Lalu bagaimana pemanfaatan pisang yang reject? Suwandi menekankan nantinya akan diolah menjadi sale pisang, sehingga tetap memberikan nilai tambah atau pendapatan bagi petani. Untuk rasanya, sale pisang mas mempunya rasa yang paling manis dibandingkan jenis lainnya.
"Sale pisang ini juga mempunyai pasar yang cukup besar, salah satunya untuk Sumedang, Jawa Barat," ucapnya.
Lebih lanjut Suwandi mengatakan bahwa pisang mas sangat diminati oleh konsumen di Singapura dan China. Tidak hanya pisang mas, di Lampung ini sudah mengekspor pisang cavendish. Imagenya Indonesia itu masih impor pisang, saya katakan itu tidak benar, kita tidak ada impor pisang, bahkan kita sudah ekspor pisang.

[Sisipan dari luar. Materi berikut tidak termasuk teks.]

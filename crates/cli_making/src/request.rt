//! `evidence request`: the request for a stamp of the root of a hash tree over many digests (RFC 4998 4.2).
ghost use Rattle.std.specs.Prelude.{◌≡◌, ◌≢◌, ◌⊎◌, [], IfErr, IfOk, OnOk};
ghost use Rattle.cli_making.specs.Requesting.{IsRootRequest, IsRootRequestWritten, MakesNoRootRequest};
ghost use Rattle.cli_making.specs.Requesting.{RefusesRootRequest};

use crate::sums::root_in;
use cli_failures::request::{policy_in, request_of};
use cli_failures::{Failure, files};
use cli_tasks::RootRequestWords;
use cli_values::{alg_of, nonce_contents, nonce_in, policy_contents};
use std::rt::Files;

/// Makes the request for a stamp of the root of the tree over the digests that a file states, and then the file that it
/// goes into, which is refused if it is the one of the digests.
///
/// The values of the words are judged before that file is opened.
///
/// Errors: a value isn't as it must be; a file can't be read or written; U1, U2, U5 and U6; memory is refused.
#[inline(never)]
pub fn make_root_request<'a, R: Files + AllocGlobal>(
    rt: &R,
    words: &RootRequestWords<'a>,
) -> Result<Vec<u8>, Failure<'a>>
    // Why no request was made.
    ensures failed { IfErr result (MakesNoRootRequest R.File.remaining words.now) }
    // Nothing is printed.
    ensures quiet { IfOk result (λ text. text.items ≡ []) }
    // A file that was opened took the octets of the request, if it is known what such a file holds.
    ensures made { OnOk result (IsRootRequestWritten R.File.remaining R.File.contents words.now) }
    // The file that was written is not that of the digests, by their paths.
    ensures apart { OnOk result (words.now.out.now ≢ words.now.sums.now) }
{
    files::apart(rt, "OUT", words.out, words.sums)?;
    let octets = octets_of(rt, words)?;
    files::write_whole(rt, words.out, octets.as_slice())?;
    Ok(Vec::new(rt.alloc()))
}

/// The octets of the request of these words.
fn octets_of<'a, R: Files + AllocGlobal>(
    rt: &R,
    words: &RootRequestWords<'a>,
) -> Result<Vec<u8>, Failure<'a>>
    ensures made { IfOk result (λ octets. IsRootRequest R.File.remaining words.now octets.items) }
    ensures refused { IfErr result (λ f. (f ≡ Failure.Memory) ⊎ RefusesRootRequest R.File.remaining words.now f) }
{
    let alg = alg_of(words.alg)?;
    let policy = policy_contents(rt.alloc(), words.policy)?;
    let nonce = nonce_contents(rt.alloc(), words.nonce)?;
    let text = files::read_whole(rt, words.sums)?;
    let root = root_in(rt.alloc(), alg, text.as_slice())?;
    request_of(
        rt.alloc(),
        &root,
        policy_in(&policy),
        nonce_in(&nonce),
        words.cert,
    )
}
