//! The record of a line: made, tested, and put below a folder.
ghost use Rattle.std.specs.Prelude.{◌≡◌, ◌∷◌, ℕ, List, [], Err, IfErr, IfOk, OnErr, OnOk, IsUtf8};
ghost use Rattle.evidence_types.specs.StampValue.{IsSequence};
ghost use Rattle.evidence_making.specs.declared.fault.MakeFault.TheVariants.{TooLong};
ghost use Rattle.cli_making.specs.Adding.{Adds};
ghost use Rattle.cli_making.specs.Leaves.{IsLeaf, IsReady};
ghost use Rattle.cli_making.specs.Making.{IsFileOf, IsRecordOf};
ghost use Rattle.cli_making.specs.Placing.{Placed, placed};
ghost use Rattle.cli_making.specs.Stamps.{IsStamp};
ghost use Rattle.cli_making.specs.Unmade.{FailsAt, IsNotMade, IsTooLong};

use crate::names::text_of;
use crate::placing::Puts;
use crate::stamp::Stamp;
use cli_failures::Failure;
use evidence_making::{MakeFault as MakeRecordFault, make_record};
use evidence_sums::Sum;
use std::alloc::Global;

/// The octets of the record of a line.
///
/// Errors: U10; memory is refused.
fn record_of(alloc: Global, by: &Stamp, sum: &Sum) -> Result<Vec<u8>, MakeRecordFault>
    requires leaf { IsLeaf by.now.tree.now sum.now }
    requires token { IsSequence by.now.token.now }
    ensures made { IfOk result (λ octets. IsRecordOf by.now.tree.now by.now.token.now sum.now.digest octets.items) }
    ensures too_long { result ≡ Err TooLong → IsTooLong by.now.tree.now by.now.token.now sum.now.digest }
{
    let digest = sum.digest(alloc)?;
    let Some(values) = by.tree.lists_of(&digest) else {
        unreachable!();
    };
    make_record(alloc, digest.alg(), &values, by.token)
}

/// A file to be put below a folder.
#[derive(Drop)]
struct File {
    name: Vec<u8>,
    octets: Vec<u8>,
}

/// The file of a line: its name, and the record.
///
/// Errors: U10; memory is refused.
fn file_of<'a>(alloc: Global, by: &Stamp, sum: &Sum) -> Result<File, Failure<'a>>
    requires line { IsReady by.now.tree.now sum.now }
    requires stamp { IsStamp by.now }
    ensures named { IfOk result (λ file. IsUtf8 file.name.items) }
    ensures made { IfOk result (λ file. (folder : List ℕ) → IsFileOf folder by.now.tree.now by.now.token.now sum.now
        (placed folder file.name.items file.octets.items)) }
    ensures fails { IfErr result (IsNotMade by.now.tree.now by.now.token.now sum.now) }
{
    let octets = record_of(alloc, by, sum)?;
    let name = sum.name(alloc)?;
    Ok(File { name, octets })
}

/// Makes the record of a line, and tests whether it can be put below a folder by the line's name.
///
/// Errors: U10; it can't be put there; memory is refused.
pub fn test_line<'a, P: Puts>(
    alloc: Global,
    by: &Stamp,
    puts: &P,
    folder: &str,
    sum: &Sum,
) -> Result<(), Failure<'a>>
    requires line { IsReady by.now.tree.now sum.now }
    requires stamp { IsStamp by.now }
    ensures can { OnOk result ((p : Placed) × IsFileOf folder.now by.now.tree.now by.now.token.now sum.now p
        × P.ways.can p) }
    ensures fails { IfErr result (FailsAt P.ways folder.now by.now.tree.now by.now.token.now sum.now) }
{
    let file = file_of(alloc, by, sum)?;
    let name = text_of(file.name.as_slice());
    puts.test_file(folder, name, file.octets.as_slice())
}

/// Makes the record of a line, and puts it below a folder by the line's name.
///
/// Errors: U10; it can't be put there; memory is refused. Then none was put.
pub fn write_line<'a, P: Puts>(
    alloc: Global,
    by: &Stamp,
    puts: &mut P,
    folder: &str,
    sum: &Sum,
) -> Result<(), Failure<'a>>
    requires line { IsReady by.now.tree.now sum.now }
    requires stamp { IsStamp by.now }
    ensures put { OnOk result ((p : Placed) × IsFileOf folder.now by.now.tree.now by.now.token.now sum.now p × P.did p
        × Adds (P.put puts.old) (P.put puts.new) (p ∷ [])) }
    ensures fails { IfErr result (FailsAt P.ways folder.now by.now.tree.now by.now.token.now sum.now) }
    ensures none { OnErr result (Adds (P.put puts.old) (P.put puts.new) []) }
{
    let file = file_of(alloc, by, sum)?;
    let name = text_of(file.name.as_slice());
    puts.put_file(folder, name, file.octets.as_slice())
}
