//! By which algorithm the sums of a command are.
ghost use Rattle.std.specs.Prelude.{◌≡◌, ◌↔◌, Some, IfErr, IfOk, IfSome, IsTrue, MatchOption, option_copied};
ghost use Rattle.std.specs.Prelude.{option_map};
ghost use Rattle.digests.specs.Algorithms.{name_of};
ghost use Rattle.cli_making.specs.Algorithm.{FailsAtOnce, ImprintNames, IsByImprint, RefusesName};

use cli_failures::Failure;
use cli_values::alg_of;
use digests::Alg;
use evidence_stamps::TokenState;
use evidence_sums::{Sums, SumsFault, SumsRule};
use std::alloc::Global;

/// The algorithm of a name, if there is a name.
///
/// Errors: no algorithm has the name.
pub fn named_by<'a>(name: Option<&str>) -> Result<Option<Alg>, Failure<'a>>
    // It has the name.
    ensures found { IfOk result (λ found. option_copied name.entry ≡ option_map name_of found) }
    // No algorithm has the name.
    ensures refused { IfErr result (RefusesName (option_copied name.entry)) }
{
    let Some(name) = name else {
        return Ok(None);
    };
    let alg = alg_of(name)?;
    Ok(Some(alg))
}

/// The algorithm that the imprint of a token names (RFC 3161 2.4.2), if it is one that is known.
fn imprint_alg(token: &[u8]) -> Option<Alg>
    ensures found { IfSome result (ImprintNames token.now) }
    ensures only { (alg : Alg) → ImprintNames token.now alg → result ≡ Some alg }
{
    let Some(state) = TokenState::read(token) else {
        return None;
    };
    state.imprint_alg()
}

/// Whether line 1 of a text is no sum by this algorithm.
fn fails_at_once(alloc: Global, alg: Alg, text: &[u8]) -> bool
    ensures { IsTrue result ↔ FailsAtOnce alg text.now }
{
    let (rule, line) = (SumsRule::Line, 1);
    match Sums::read(alloc, alg, text) {
        Ok(_) => false,
        Err(fault) => fault == SumsFault { rule, line },
    }
}

/// The algorithm that the imprint of a token names, if line 1 of the sums is one by it, or else SHA-256.
fn alg_by_imprint(alloc: Global, text: &[u8], token: &[u8]) -> Alg
    ensures { IsByImprint text.now token.now result }
{
    let Some(alg) = imprint_alg(token) else {
        return Alg::Sha256;
    };
    // (so the sums need not be read for it)
    if alg == Alg::Sha256 {
        return alg;
    }
    if fails_at_once(alloc, alg, text) {
        return Alg::Sha256;
    }
    alg
}

/// The algorithm of these sums: the one that is named, or else that of `alg_by_imprint`.
pub fn alg_by(alloc: Global, named: Option<Alg>, text: &[u8], token: &[u8]) -> Alg
    ensures { MatchOption named (IsByImprint text.now token.now result) (λ alg. result ≡ alg) }
{
    match named {
        Some(alg) => alg,
        None => alg_by_imprint(alloc, text, token),
    }
}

"Jadi, mari bersama kembangkan potensi pisang ini, sehingga ke depan bisa memasok kebutuhan pasar lokal dan luar negeri. Cintai produksi dalam negeri, konsumsi pangan lokal dan viva Republik Indonesia. Salam dari lampung," tandas Suwandi.
Pada kesempatan yang sama, Kadis Tanaman Pangan dan Hortikultura Provinsi Lampung, Achmad Chrisna Putra mengatakan bahwa ada 3 jenis pisang yang dibudidayakan, yakni mas kirana, barangan, dan cavendish. Untuk lahannya di Lampung ini totalnya bisa mencapai 1.000 hektare, khusus di Tanggamus 500 hektare.
"Untuk penanamannya kami mengembangkan dengan kultur jaringan. Jadi tanamannya bisa tumbuh seragam dan kompak," katanya.
Staf PT Great Giant Pineapple yang menangani pisang di Tanggamus, Sigit menambahkan, permintaan pasar dalam negeri sampai 3.000 kardus per minggu, sedangkan yang bisa dipasok dari daerah sini baru 500 kardus per minggu. Artinya masih ada peluang pasar sekitar 6 kali lipat dari pemasok sekarang, artinya potensi pasar luar biasa.
"Tidak hanya potensi pasar dalam negeri, potensi pasar luar negeri juga sangat besar," sebutnya.
Untuk Singapura, permintaan sebanyak 1 kontainer sekitar 5,6 ton per minggu dan China sebanyak 2 kontainer sekitar 10 ton lebih per minggu. Realisasinya, permintaan sebanyak ini baru bisa kami penuhi hanya 108 kardus. "Hal ini menjadi peluang besar hampir 15 kali lipat," kata Sigit.